Ethan Miller via Getty Images

2020年12月に、児童に対する性的虐待動画を公開し収益の一部を得ているとNew York Timesの記事で告発され、その後承認済みユーザーとコンテンツパートナー以外がアップロードした、ガイドラインに適合しない動画をすべて削除するという大胆な対応を行ったアダルト動画サイトPornhubが、初の透明性レポートを発表しました。この報告書では2020年にPornhubが受けた指摘と、実施してきたモデレーションの実績を明らかにしています。

報告書によると、Pornhubはガイドライン違反、たとえば未成年者が含まれるコンテンツから合意に基づかないコンテンツ、悪意ある表現、動物虐待、近親相姦、血液他の体液を含むもの、暴力的なもの、そして明らかに著作権を侵害しているコンテンツ65万3465件を特定し削除したとのこと。

また、2020年の1年間にサイトは政府、法執行機関、および民間団体から1081件の法的な要請を受けたと述べています。これには合意に基づかないコンテンツや児童労働搾取が含まれているとのこと。

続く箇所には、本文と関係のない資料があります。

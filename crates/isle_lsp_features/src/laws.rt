//! Laws of the pieces of a text, each stated as the contract of a function that does nothing.

ghost use Rattle.std.specs.Prelude.{◌≡◌, ◌∷◌, [], List, None, Some, ℕ};
ghost use Rattle.isle_ast.specs.Tree.{Definition};
ghost use Rattle.isle_base_source.specs.declared.error.Error as errors;
ghost use Rattle.isle_lsp_features.specs.Pieces.{ArePieces, Piece, broken, most_pieces, tree};
ghost use Rattle.isle_program.specs.Nesting.{FirstDeep};
ghost use Rattle.isle_program.specs.Reading.{IsRefusedWith, IsTreeOf};

/// A text that spells a tree, and does not nest too deeply, is one piece: that tree.
pub fn whole()
    ensures { (file : ℕ) (text : List ℕ) (ds : List Definition) (ps : List Piece)
        → FirstDeep text None → IsTreeOf file text ds
        → ArePieces file most_pieces (Some text) ps → ps ≡ tree ds ∷ [] }
{}

/// The first piece of a text that spells no tree, and does not nest too deeply, ends with an error
/// for which the whole text is refused.
pub fn first_error()
    ensures { (file : ℕ) (text : List ℕ) (e : errors.Error) (ps : List Piece)
        → FirstDeep text None → IsRefusedWith file text e
        → ArePieces file most_pieces (Some text) ps
        → (ds : List Definition) × (f : errors.Error) × (more : List Piece)
        × (ps ≡ broken ds f ∷ more) × IsRefusedWith file text f }
{}
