//! The index of a program, and the indexes of the last few programs.

ghost use Rattle.std.specs.Prelude.{◌≡◌, ◌<◌, ◌≤◌, [], IfErr, IfOk, IfSome, None, OnOk, Some};
ghost use Rattle.std.specs.Prelude.{length, map};
ghost use Rattle.isle_lsp_features.specs.Programs.{bytes_of, question_of, text_of};
ghost use Rattle.isle_cli.specs.declared.failure.Failure.TheVariants.{Memory};
ghost use Rattle.isle_lsp_features.specs.Answers.{IsAnswer};
ghost use Rattle.isle_lsp_features.specs.Gathered.{IsOf, Renews, kept_of};
ghost use Rattle.isle_lsp_protocol.specs.Replies.{outcome_of};

use crate::known::{Known, events_before, is_text, put, refused_in};
use crate::pieces::add_text;
use crate::{Question, Text, answer_from};
use isle_cli::failure::Failure;
use isle_index::Index;
use isle_lsp_protocol::replies::Outcome;
use std::alloc::{AllocError, Global};
use std::marker::Model;
use std::mem;

/// How many texts change before the index is made anew: it keeps the texts of names that are gone.
const MOST_CHANGES: usize = 1000;

/// Of how many programs an index is kept.
const MOST_PROGRAMS: usize = 8;

/// The indexes of the programs that were asked about last, those of the last at the end. A program
/// is known by the paths of its files, in their order.
#[derive(Drop)]
pub struct Gathered {
    latest: Vec<OfFiles>,
}

impl Gathered {
    /// No program was asked about.
    pub fn new(alloc: Global) -> Gathered {
        Gathered {
            latest: Vec::new(alloc),
        }
    }

    /// Answers a request about the names of a program, as the function `answer` does.
    pub(crate) fn answer<'a>(
        &mut self,
        alloc: Global,
        program: &[Text<'a>],
        question: Question,
    ) -> Result<Outcome<'a>, Failure>
        ensures ok { IfOk result (λ outcome. IsAnswer (question_of question.entry)
            (map text_of program.now) (outcome_of outcome)) }
        ensures err { IfErr result (λ failure. failure ≡ Memory) }
    {
        let mut last = take_index(alloc, &mut self.latest, program)?;
        let answered = last.indexed.answer(alloc, program, question)?;
        self.latest.push(last)?;
        Ok(answered)
    }
}

/// The index of a program, with the paths of its files.
#[derive(Drop)]
struct OfFiles {
    files: Vec<String>,
    indexed: Indexed,
}

/// Takes out the index of a program of these files, or makes one of no text. Then so few are left
/// that there is room for one more: the one that was asked about first goes.
fn take_index(
    alloc: Global,
    latest: &mut Vec<OfFiles>,
    program: &[Text],
) -> Result<OfFiles, AllocError> {
    if let Some(place) = place_of(latest, program) {
        return Ok(latest.remove(place));
    }
    if latest.len() >= MOST_PROGRAMS {
        latest.remove(0);
    }
    let mut files = Vec::new(alloc);
    for text in program {
        files.push(String::from_str(alloc, text.file)?)?;
    }
    Ok(OfFiles {
        files,
        indexed: Indexed::new(alloc),
    })
}

/// The place of the index of a program of these files, if there is one.
fn place_of(latest: &[OfFiles], program: &[Text]) -> Option<usize>
    ensures { IfSome result (λ place. place < length latest.now) }
{
    for (place, known) in latest.iter().enumerate() {
        if are_files(&known.files, program) {
            return Some(place);
        }
    }
    None
}

/// Returns whether these are the paths of the files of a program.
fn are_files(files: &[String], program: &[Text]) -> bool {
    if files.len() != program.len() {
        return false;
    }
    for (place, text) in program.iter().enumerate() {
        if !is_file_at(files, place, text.file) {
            return false;
        }
    }
    true
}

/// Returns whether this is the path at a place.
fn is_file_at(files: &[String], place: usize, file: &str) -> bool {
    match files.get(place) {
        Some(known) => known.as_str() == file,
        None => false,
    }
}

/// The index of a program, with the texts that it is of.
#[derive(Drop)]
struct Indexed {
    /// The texts.
    texts: Vec<Known>,
    /// The index of the definitions that are known.
    index: Index,
    /// How many texts have changed since it was made.
    changes: usize,
}

impl Model for Indexed {
    ghost use Rattle.std.specs.Prelude.{ℕ, List, map};
    ghost use Rattle.isle_lsp_features.specs.Gathered.{IsOf, bytes_in, kept_of};

    ghost Value = { List (List ℕ) };

    ghost view = { λ g. bytes_in (map kept_of g.texts.items) };

    ghost invariant = { λ g. IsOf (map kept_of g.texts.items) g.index };
}

impl Indexed {
    /// The index of a program that has no text.
    fn new(alloc: Global) -> Indexed
        ensures { result ≡ [] }
    {
        Indexed {
            texts: Vec::new(alloc),
            index: Index::new(alloc),
            changes: 0,
        }
    }

    /// Answers a request about the names of a program from this index, once it is brought up to
    /// date.
    fn answer<'a>(
        &mut self,
        alloc: Global,
        program: &[Text<'a>],
        question: Question,
    ) -> Result<Outcome<'a>, Failure>
        ensures ok { IfOk result (λ outcome. IsAnswer (question_of question.entry)
            (map text_of program.now) (outcome_of outcome)) }
        ensures err { IfErr result (λ failure. failure ≡ Memory) }
    {
        let last = mem::replace(self, Indexed::new(alloc));
        let last = last_or_new(alloc, last, program.len());
        let gathered = gathered_from(alloc, program, last)?;
        let refused = refused_in(&gathered.texts);
        let answered = answer_from(alloc, program, &gathered.index, refused, question)?;
        *self = gathered;
        Ok(answered)
    }
}

/// The last index, unless it is of more texts than these or many have changed: then one of no text.
fn last_or_new(alloc: Global, last: Indexed, len: usize) -> Indexed
    ensures { length result ≤ len }
{
    if last.texts.len() > len || last.changes > MOST_CHANGES {
        Indexed::new(alloc)
    } else {
        last
    }
}

/// The index of a program, from that of a program that has no more texts. A text that is the same
/// at the same place is not parsed. Only one definition is in memory at a time. The only `Err` is
/// `Memory`.
fn gathered_from(alloc: Global, program: &[Text], last: Indexed) -> Result<Indexed, Failure>
    requires { length last ≤ length program.now }
    ensures ok { IfOk result
        (λ gathered. gathered ≡ map bytes_of (map text_of program.now)) }
    ensures err { IfErr result (λ failure. failure ≡ Memory) }
{
    let Indexed {
        mut texts,
        mut index,
        mut changes,
    } = last;
    for (file, source) in program.iter().enumerate() {
        if !is_text(&texts, file, source.text) {
            renew(alloc, file, source.text, &mut texts, &mut index)?;
            changes = changes.saturating_add(1);
        }
    }
    Ok(Indexed {
        texts,
        index,
        changes,
    })
}

/// Puts a text into a program, and its known definitions into the index, instead of the text of
/// that number and its definitions, or at the end.
fn renew(
    alloc: Global,
    file: usize,
    text: &str,
    texts: &mut Vec<Known>,
    index: &mut Index,
) -> Result<(), Failure>
    requires place { file ≤ length texts.old.items }
    requires last { IsOf (map kept_of texts.old.items) index.old }
    ensures ok { OnOk result (IsOf (map kept_of texts.new.items) index.new) }
    ensures texts { OnOk result (Renews file text.now (map kept_of texts.old.items)
        (map kept_of texts.new.items)) }
    ensures err { IfErr result (λ failure. failure ≡ Memory) }
{
    let start = events_before(texts, file)?;
    let stop = events_before(texts, file + 1)?;
    let end = index.event_count();
    let refusals = add_text(alloc, file, text, index)?;
    let events = index.event_count().saturating_sub(end);
    index.replace(alloc, start, stop, end)?;
    let known = Known {
        text: String::from_str(alloc, text)?,
        events,
        is_refused: !refusals.is_empty(),
    };
    put(texts, file, known)?;
    Ok(())
}
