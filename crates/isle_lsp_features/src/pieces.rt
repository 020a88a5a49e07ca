//! What is known of a text that is being written: all definitions but those that are broken.
//!
//! A text is read in pieces. A piece ends with a definition that is broken, and the next one begins
//! at the first line behind the start of that definition that begins with `(`.

ghost use Rattle.std.specs.Prelude.{◌≡◌, IfErr, IfOk, None, OnOk, Some, option_map};
ghost use Rattle.std.specs.Prelude.{string_bytes};
ghost use Rattle.isle_cli.specs.declared.failure.Failure.TheVariants.{Memory};
ghost use Rattle.isle_lsp_features.specs.Pieces.{AddsDefinitions, AddsFront, AddsPiece};
ghost use Rattle.isle_lsp_features.specs.Pieces.{AddsText, AreRefusals};
ghost use Rattle.isle_program.specs.Nesting.{FirstDeep};

use crate::rests::rest_behind;
use isle_base::lexer::{Fault, Lexer};
use isle_base_source::error::Error;
use isle_cli::failure::Failure;
use isle_index::Index;
use isle_parser::dropping::drop_definition;
use isle_parser::parser::Parser;
use isle_program::nesting::deep_list;
use std::alloc::{AllocError, Global};
use std::slice;

/// How many pieces of a text are read: each may take as long as the whole text.
const MOST_PIECES: usize = 100;

/// Why a piece of a text is refused.
#[derive(Drop)]
pub enum Refusal {
    /// It does not parse.
    Error(Error),
    /// Its first token that nests too deeply is at this byte offset.
    Deep(usize),
}

/// Why the pieces of a text are refused, in their order: one refusal for each definition that is
/// broken, and none if the text parses. A piece that nests too deeply is the last one, and so is
/// the piece of number 100. The only `Err` is `Memory`.
pub fn refusals(alloc: Global, text: &str) -> Result<Vec<Refusal>, Failure>
    ensures ok { IfOk result (λ refusals. AreRefusals text.now refusals.items) }
    ensures err { IfErr result (λ failure. failure ≡ Memory) }
{
    let mut index = Index::new(alloc);
    add_text(alloc, 0, text, &mut index)
}

/// Adds the definitions of the pieces of a text, and returns why pieces are refused.
pub(crate) fn add_text(
    alloc: Global,
    file: usize,
    text: &str,
    index: &mut Index,
) -> Result<Vec<Refusal>, Failure>
    ensures ok { IfOk result
        (λ refusals. AddsText file text.now index.old index.new refusals.items) }
    ensures err { IfErr result (λ failure. failure ≡ Memory) }
{
    let mut refusals = Vec::new(alloc);
    let mut piece = String::from_str(alloc, text)?;
    let mut left = MOST_PIECES;
    while left > 0 {
        match add_piece(alloc, file, piece.as_str(), index, &mut refusals)? {
            Some(rest) => piece = rest,
            None => return Ok(refusals),
        }
        left -= 1;
    }
    Ok(refusals)
}

/// Adds the definitions that a text begins with, and why it is refused, if it is. Returns what is
/// left of it behind a definition that is broken.
fn add_piece(
    alloc: Global,
    file: usize,
    text: &str,
    index: &mut Index,
    refusals: &mut Vec<Refusal>,
) -> Result<Option<String>, Failure>
    ensures ok { IfOk result (λ rest. AddsPiece file text.now index.old index.new
        refusals.old.items refusals.new.items (option_map string_bytes rest)) }
    ensures err { IfErr result (λ failure. failure ≡ Memory) }
{
    match deep_list(alloc, text)? {
        Some(offset) => {
            add_deep(alloc, file, text, offset, index, refusals)?;
            Ok(None)
        }
        None => add_shallow(alloc, file, text, index, refusals),
    }
}

/// The same for a text whose first token that nests too deeply is at this byte offset: nothing is
/// left of it.
fn add_deep(
    alloc: Global,
    file: usize,
    text: &str,
    offset: usize,
    index: &mut Index,
    refusals: &mut Vec<Refusal>,
) -> Result<(), Failure>
    requires { FirstDeep text.now (Some offset) }
    ensures ok { OnOk result (AddsPiece file text.now index.old index.new
        refusals.old.items refusals.new.items None) }
    ensures err { IfErr result (λ failure. failure ≡ Memory) }
{
    add_front(alloc, file, text, offset, index)?;
    refusals.push(Refusal::Deep(offset))?;
    Ok(())
}

/// Adds the definitions that the bytes before an offset begin with, or none if that splits a
/// character.
fn add_front(
    alloc: Global,
    file: usize,
    text: &str,
    offset: usize,
    index: &mut Index,
) -> Result<(), Failure>
    ensures ok { OnOk result (AddsFront file text.now offset index.old index.new) }
    ensures err { IfErr result (λ failure. failure ≡ Memory) }
{
    let mut count = 0;
    match text.split_at_checked(offset) {
        Some((front, _)) => match add_definitions(alloc, file, front, index, &mut count) {
            Ok(()) => Ok(()),
            Err(Fault::Error(_)) => Ok(()),
            Err(Fault::Failed | Fault::Memory) => Err(Failure::Memory),
        },
        None => Ok(()),
    }
}

/// The same for a text that does not nest too deeply.
fn add_shallow(
    alloc: Global,
    file: usize,
    text: &str,
    index: &mut Index,
    refusals: &mut Vec<Refusal>,
) -> Result<Option<String>, Failure>
    requires { FirstDeep text.now None }
    ensures ok { IfOk result (λ rest. AddsPiece file text.now index.old index.new
        refusals.old.items refusals.new.items (option_map string_bytes rest)) }
    ensures err { IfErr result (λ failure. failure ≡ Memory) }
{
    let mut count = 0;
    match add_definitions(alloc, file, text, index, &mut count) {
        Ok(()) => Ok(None),
        Err(Fault::Error(error)) => {
            refusals.push(Refusal::Error(error))?;
            Ok(rest_behind(alloc, text, count)?)
        }
        Err(Fault::Failed | Fault::Memory) => Err(Failure::Memory),
    }
}

/// Adds the definitions of a text, one after another, up to its first error, and counts them. A
/// count past `usize::MAX` is out of memory.
fn add_definitions(
    alloc: Global,
    file: usize,
    text: &str,
    index: &mut Index,
    count: &mut usize,
) -> Result<(), Fault>
    requires { count.old ≡ 0 }
    ensures { AddsDefinitions file text.now index.old index.new count.new result }
{
    let mut parser = Parser::new(Lexer::new(alloc, file, text)?);
    while let Some(def) = parser.next_def(alloc)? {
        let added = index.add(alloc, slice::from_ref(&def));
        drop_definition(def);
        added?;
        *count = count.checked_add(1).ok_or(AllocError)?;
    }
    Ok(())
}
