// The unit's calls as C and Rust make them, with numbers for answers; `tazbilk_c` has them in one archive.
#![tactic(auto)]

pub mod allotting;
pub mod reviewing;
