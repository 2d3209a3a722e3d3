// The review of a list of seats as numbers, as C and Rust call it.
ghost use Rattle.std.specs.Prelude.{◌≡◌};
ghost use Rattle.tazbilk.specs.Reviewing.{numbers_of, Exported};

use reader::refusal::Refusal;
use review::{Judgement, review};

// The four numbers of what a review says, since C has them in the place of the enum.
fn review_numbers(told: Result<Judgement, Refusal>) -> [u64; 4]
    ensures { result ≡ numbers_of told }
{
    match told {
        Ok(Judgement::Passes) => [0, 0, 0, 0],
        Err(Refusal { question, offset }) => [1, question.number() as u64, offset as u64, 0],
        Ok(Judgement::WrongSeat { candidate }) => [2, candidate as u64, 0, 0],
        Ok(Judgement::BetterEntry { candidate, entry }) => {
            let category = u64::from(u8::from(entry.category));
            [3, candidate as u64, entry.institute as u64, category]
        }
    }
}

// The review of a list of seats for a round file, with what it says as four numbers. Areas side by side, as C lends them.
pub fn tazbilk_review(file: &[u8], list: &[u8], work: &mut [u8], res: &mut [u64; 4])
    ensures { Exported file.now list.now work.old res.new work.new }
{
    *res = review_numbers(review(file, list, work));
}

NYTによる問題の告発を受け、Pornhubはアップロードされたコンテンツを公開する前にその違法性を検証するため導入した技術についても報告書には記されています。そのなかにはPornhub独自の映像認識技術であるSafeguardをはじめ、YouTubeが採用する児童性的虐待画像検出テクノロジーのCSAI Match、以前にアップロードされた侵害コンテンツと一致する可能性のあるコンテンツを検出するマイクロソフトのPhotoDNA、コンテンツ認識技術開発企業VobileのMediaWiseなどが列記されています。

さらに、機械的にコンテンツを検証するだけでなく、24時間体制のモデレーターによる人力でのレビューも併用してガイドライン違反のコンテンツ除去に取り組んでおり、利用規約やガイドラインに違反するコンテンツは公開されず、またアップロードしたアカウントの削除などの措置を必要に応じて実施するとのこと。

2月、Pornhubはコンテンツをアップロードするアカウントの身元確認にサードパーティの技術を採用していることも明らかにしていました。また問題が表面化して以降、提携していたVisaおよびMaster Cardは、Pornhubのみならず親会社MindGeekのサービス全体で有料コンテンツの決済処理を停止していましたが、Visaは2020年末頃にMindGeekの一部アダルトサイトで決済処理を再開したとのことです。とはいえPornhubに関してはまだ再開はしていない模様です。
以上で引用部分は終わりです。